Let $f(z)$ be holomorphic on an open region containing the closed unit disc $E = \{z \in \mathbb{C} : \mid z \mid \leq 1 \}$. Then show that $$ f(z) = \frac{1}{\pi} \int_E \frac{f(w)}{(1-z \bar{w})^2} dudv , \;\; \text{where} \;\; w=u+iv$$ for every $z$ with $\mid z \mid <1$.
My attempt
$f(z)= \frac{1}{2\pi i} \int_{C_r}\frac{f(\xi)}{\xi - z} d\xi = \frac{1}{2\pi} \int_0^{2\pi} \frac{f(r e^{i \theta})} {r e^{i \theta} - z} r e^{i \theta} d\theta $ , by cauchy integral formula , where $C_r$ is a circle positively oriented contour centered at $z$.
Then, $f(z) = \int_0^1 f(z) dr= \int_0^1 \frac{1}{2\pi} \int_0^{2\pi} \frac{f(r e^{i \theta})} {r e^{i \theta} - z} r e^{i \theta} d\theta dr = \frac{1}{2\pi} \int_0^1 \int_0^{2\pi} \frac{f(r e^{i \theta})} {r e^{i \theta} - z} r e^{i \theta} d\theta dr $.
By polar coordinate argument, $f(z) = \frac{1}{2\pi} \int_E \frac{f(u+iv)} {u+iv - z} \frac{u+iv}{\mid u+iv \mid}dudv = \frac{1}{2\pi} \int_E \frac{f(w)} {w - z} \frac{w}{\mid w \mid}dudv $.
May I ask you how to proceed this problem?

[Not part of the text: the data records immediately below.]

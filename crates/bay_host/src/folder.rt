// Paths below a folder, and the walk over all that is in it.
ghost use Rattle.std.specs.Prelude.{◌≡◌, ◌++◌, ◌∷◌, IfOk, string_bytes};
ghost use Rattle.std.specs.Path.{slash};

use bay_core::{FileInfo, NameText};
use std::alloc::{AllocError, Global};
use std::fs::{DirEntry, File, Files, Metadata};
use std::io::{Error, ErrorKind};
use std::time::UNIX_EPOCH;
use std::{fs, io};

// What stands at a path. A link is never followed.
#[derive(Clone, Copy, PartialEq, Eq)]
enum Found {
    File,
    Folder,
    Nothing,
    // A link or a special file.
    Other,
}

/// The path of the system for a path below a folder. The empty path is the folder itself.
pub fn joined(alloc: Global, root: &str, path: &str) -> Result<String, AllocError>
    ensures { IfOk result (λ full. string_bytes full ≡ root.now ++ slash ∷ path.now) }
{
    let mut full = String::from_str(alloc, root)?;
    full.push('/')?;
    full.push_str(path)?;
    Ok(full)
}

/// The folder that a path stands in, the empty path at the top.
pub fn folder_of(path: &str) -> &str {
    match path.rsplit_once('/') {
        Some((folder, _)) => folder,
        None => "",
    }
}

/// The folder on the way of a path whose name ends at `end`, if one does.
pub fn folder_ending(path: &str, end: usize) -> Option<&str> {
    match path.split_at_checked(end) {
        Some((folder, rest)) if rest.starts_with('/') => Some(folder),
        _ => None,
    }
}

// What stands at a path of the system.
fn find(rt: &impl Files, full: &str) -> io::Result<Found> {
    let metadata = match fs::symlink_metadata(rt, full) {
        Ok(metadata) => metadata,
        Err(e) if e.kind() == ErrorKind::NotFound => return Ok(Found::Nothing),
        Err(e) => return Err(e),
    };
    if metadata.is_file() {
        Ok(Found::File)
    } else if metadata.is_dir() {
        Ok(Found::Folder)
    } else {
        Ok(Found::Other)
    }
}

// What stands at a path below a folder, once each folder on its way was looked at. What is neither
// absent nor a folder there is an error, and so is a part `..`: the way would lead out.
fn look<R: Files + AllocGlobal>(rt: &R, root: &str, path: &str) -> io::Result<Found> {
    if path.split('/').any(|part| part == "..") {
        return Err(Error::from(ErrorKind::InvalidInput));
    }
    let alloc = rt.alloc();
    for end in 0..path.len() {
        let Some(folder) = folder_ending(path, end) else {
            continue;
        };
        match find(rt, &joined(alloc, root, folder)?)? {
            Found::Folder => {}
            Found::Nothing => return Ok(Found::Nothing),
            Found::File | Found::Other => return Err(Error::from(ErrorKind::NotADirectory)),
        }
    }
    find(rt, &joined(alloc, root, path)?)
}

/// Whether a file stands at a path below a folder. It is an error if something else stands there,
/// or if a link, a file or a special file stands in place of a folder on the way.
pub fn has_file<R: Files + AllocGlobal>(rt: &R, root: &str, path: &str) -> io::Result<bool> {
    match look(rt, root, path)? {
        Found::File => Ok(true),
        Found::Nothing => Ok(false),
        Found::Folder | Found::Other => Err(Error::from(ErrorKind::InvalidInput)),
    }
}

/// Makes a folder where it is absent; it is an error if something else stands there. The folder
/// that it stands in must be there.
pub fn make_folder(rt: &impl Files, full: &str) -> io::Result<()> {
    match fs::create_dir(rt, full) {
        Err(e) if e.kind() == ErrorKind::AlreadyExists => match find(rt, full)? {
            Found::Folder => Ok(()),
            Found::File | Found::Nothing | Found::Other => Err(e),
        },
        outcome => outcome,
    }
}

// Makes sure of a file, or of the names in a folder, that was looked at.
fn sync_path<R: Files<File = File>>(rt: &R, full: &str) -> io::Result<()> {
    fs::open(rt, full)?.sync_all()
}

/// Makes sure of a file or a folder that stands at a path below a folder; the empty path is the
/// folder itself. It is an error if neither stands there.
pub fn sync_at<R: Files<File = File> + AllocGlobal>(
    rt: &R,
    root: &str,
    path: &str,
) -> io::Result<()> {
    match look(rt, root, path)? {
        Found::File | Found::Folder => sync_path(rt, &joined(rt.alloc(), root, path)?),
        Found::Nothing | Found::Other => Err(Error::from(ErrorKind::NotFound)),
    }
}

// Seconds since 1970; a time before that counts as 0.
fn modified_seconds(metadata: &Metadata) -> io::Result<u64> {
    match metadata.modified()?.duration_since(UNIX_EPOCH) {
        Ok(since) => Ok(since.as_secs()),
        Err(_) => Ok(0),
    }
}

// The path of a name in a folder.
fn path_in(alloc: Global, folder: &str, name: &str) -> Result<String, AllocError> {
    if folder.is_empty() {
        return String::from_str(alloc, name);
    }
    joined(alloc, folder, name)
}

// The error by which std tells of a name that is not UTF-8: it is not one of the system's.
fn is_odd_name(error: &Error) -> bool {
    error.kind() == ErrorKind::InvalidFilename && error.raw_os_error().is_none()
}

// Adds what stands at a name in a folder: a file to the files, a folder to those that wait. A link
// or a special file is left out.
fn add_entry<R: Files>(
    alloc: Global,
    folder: &str,
    entry: &DirEntry<R>,
    files: &mut Vec<FileInfo>,
    waiting: &mut Vec<String>,
) -> io::Result<()> {
    let metadata = entry.metadata()?;
    let path = path_in(alloc, folder, entry.file_name())?;
    if metadata.is_dir() {
        waiting.push(path)?;
    } else if metadata.is_file() {
        files.push(FileInfo {
            path: NameText::of(alloc, &path)?,
            size: metadata.len(),
            modified: modified_seconds(&metadata)?,
        })?;
    }
    Ok(())
}

// Adds the files of one folder, and the folders in it to those that wait. Names that are not UTF-8
// are passed over, and the answer is whether there was none.
fn list_folder<R: Files + AllocGlobal + Clone + Drop>(
    rt: &R,
    root: &str,
    folder: &str,
    files: &mut Vec<FileInfo>,
    waiting: &mut Vec<String>,
) -> io::Result<bool> {
    let alloc = rt.alloc();
    let mut is_whole = true;
    for entry in fs::read_dir(rt, joined(alloc, root, folder)?.as_str())? {
        match entry {
            Ok(entry) => add_entry(alloc, folder, &entry, files, waiting)?,
            Err(e) if is_odd_name(&e) => is_whole = false,
            Err(e) => return Err(e),
        }
    }
    Ok(is_whole)
}

// A walk that begins at the folder itself.
fn walk(alloc: Global) -> Result<Vec<String>, AllocError> {
    let mut waiting = Vec::new(alloc);
    waiting.push(String::new(alloc))?;
    Ok(waiting)
}

/// Every file below a folder, in any order. It is an error if a name is not UTF-8.
pub fn list_files<R: Files + AllocGlobal + Clone + Drop>(
    rt: &R,
    alloc: Global,
    root: &str,
) -> io::Result<Vec<FileInfo>> {
    let mut files = Vec::new(alloc);
    let mut waiting = walk(alloc)?;
    for _ in 0..u64::MAX {
        let Some(folder) = waiting.pop() else {
            return Ok(files);
        };
        if !list_folder(rt, root, &folder, &mut files, &mut waiting)? {
            return Err(Error::from(ErrorKind::InvalidFilename));
        }
    }
    Err(Error::from(ErrorKind::Other))
}

// Makes sure of one folder and the files in it, and adds its folders to those that wait. What has a
// name that is not UTF-8 is passed over, and so are links and special files.
fn sync_folder<R: Files<File = File> + AllocGlobal + Clone + Drop>(
    rt: &R,
    root: &str,
    folder: &str,
    waiting: &mut Vec<String>,
) -> io::Result<()> {
    let alloc = rt.alloc();
    let mut files = Vec::new(alloc);
    let _ = list_folder(rt, root, folder, &mut files, waiting)?;
    for file in &files {
        sync_path(rt, &joined(alloc, root, file.path.as_str())?)?;
    }
    sync_path(rt, &joined(alloc, root, folder)?)
}

/// Makes sure of every file and folder below a folder, and of the folder itself. Passes over what
/// lies at or below a name that is not UTF-8.
pub fn sync_below<R: Files<File = File> + AllocGlobal + Clone + Drop>(
    rt: &R,
    root: &str,
) -> io::Result<()> {
    let mut waiting = walk(rt.alloc())?;
    for _ in 0..u64::MAX {
        let Some(folder) = waiting.pop() else {
            return Ok(());
        };
        sync_folder(rt, root, &folder, &mut waiting)?;
    }
    Err(Error::from(ErrorKind::Other))
}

We have $$\frac{1}{(1 - z\overline{w})} = \sum_{n=0}^{\infty} \overline{w}^n z^n$$ when $\vert z \vert < \frac{1}{\vert w \vert}$. In particular, this holds when $\vert z \vert, \vert w \vert < 1$. Differentiating with respect to $z$ gives $$\frac{1}{(1 - z\overline{w})^2} = \sum_{n=0}^{\infty} (n + 1)\overline{w}^nz^n$$ Expand $f(w) = \sum_{m=0}^{\infty} a_mw^m$ as a power series about $0$. Then $$\frac{1}{\pi} \int_E \frac{f(w)}{(1 - z\overline{w})^2} dudv = \frac{1}{\pi} \int_E\left(\sum_{m=0}^{\infty} a_mw^m \right) \left(\sum_{n=0}^{\infty} (n + 1)\overline{w}^n z^n\right) d\lambda(w),$$ where $d\lambda(w)$ denotes integration with respect to Lebesgue measure on $\mathbb{C}$. Multiplying the two series together, this becomes $$f(z) = \frac{1}{\pi}\int_E \left(\sum_{m,n \geq 0} a_mw^m (n + 1)\overline{w}^nz^n \right) d\lambda(w)$$ Changing to polar coordinates gives us \begin{equation*} \begin{aligned} &\mathrel{\phantom{=}} \frac{1}{\pi} \int_0^1\int_0^{2\pi} r\left(\sum_{m,n \geq 0} a_m(re^{i\theta})^m (n + 1)(\overline{re^{i\theta}})^nz^n \right) d\theta dr \\ &= \frac{1}{\pi} \int_0^1\int_0^{2\pi} \left(\sum_{m,n \geq 0} a_mz^n(n + 1)r^{m + n + 1}e^{i(m - n)\theta} \right) d\theta dr. \end{aligned} \end{equation*} We can switch the order of integration and summation (why?), giving us $$\frac{1}{\pi} \int_0^1 \left(\sum_{m,n \geq 0} a_mz^n(n + 1)r^{m + n + 1} \int_0^{2\pi} e^{i(m - n)\theta} d\theta\right) dr.$$ Now recall that for an integer $k$ we have $\int_0^{2\pi} e^{ik\theta} d\theta = 0$ for $k \neq 0$ and $2\pi$ if $k = 0$, so all terms of the series with $m \neq n$ vanish. Switching integration and summation again gives us \begin{equation*} \begin{aligned} &\mathrel{\phantom{=}} \frac{1}{\pi} \int_0^1 \left(\sum_{m \geq 0} a_mz^m(m + 1)r^{2m + 1} \cdot 2\pi\right) dr \\ &= 2 \sum_{m \geq 0} a_mz^m(m + 1) \int r^{2m + 1} dr \\ &= 2 \sum_{m \geq 0} a_mz^m(m + 1) \cdot \frac{1}{2m + 2} \\ &= \sum_{m \geq 0}a_mz^m \\ &= f(z). \end{aligned} \end{equation*}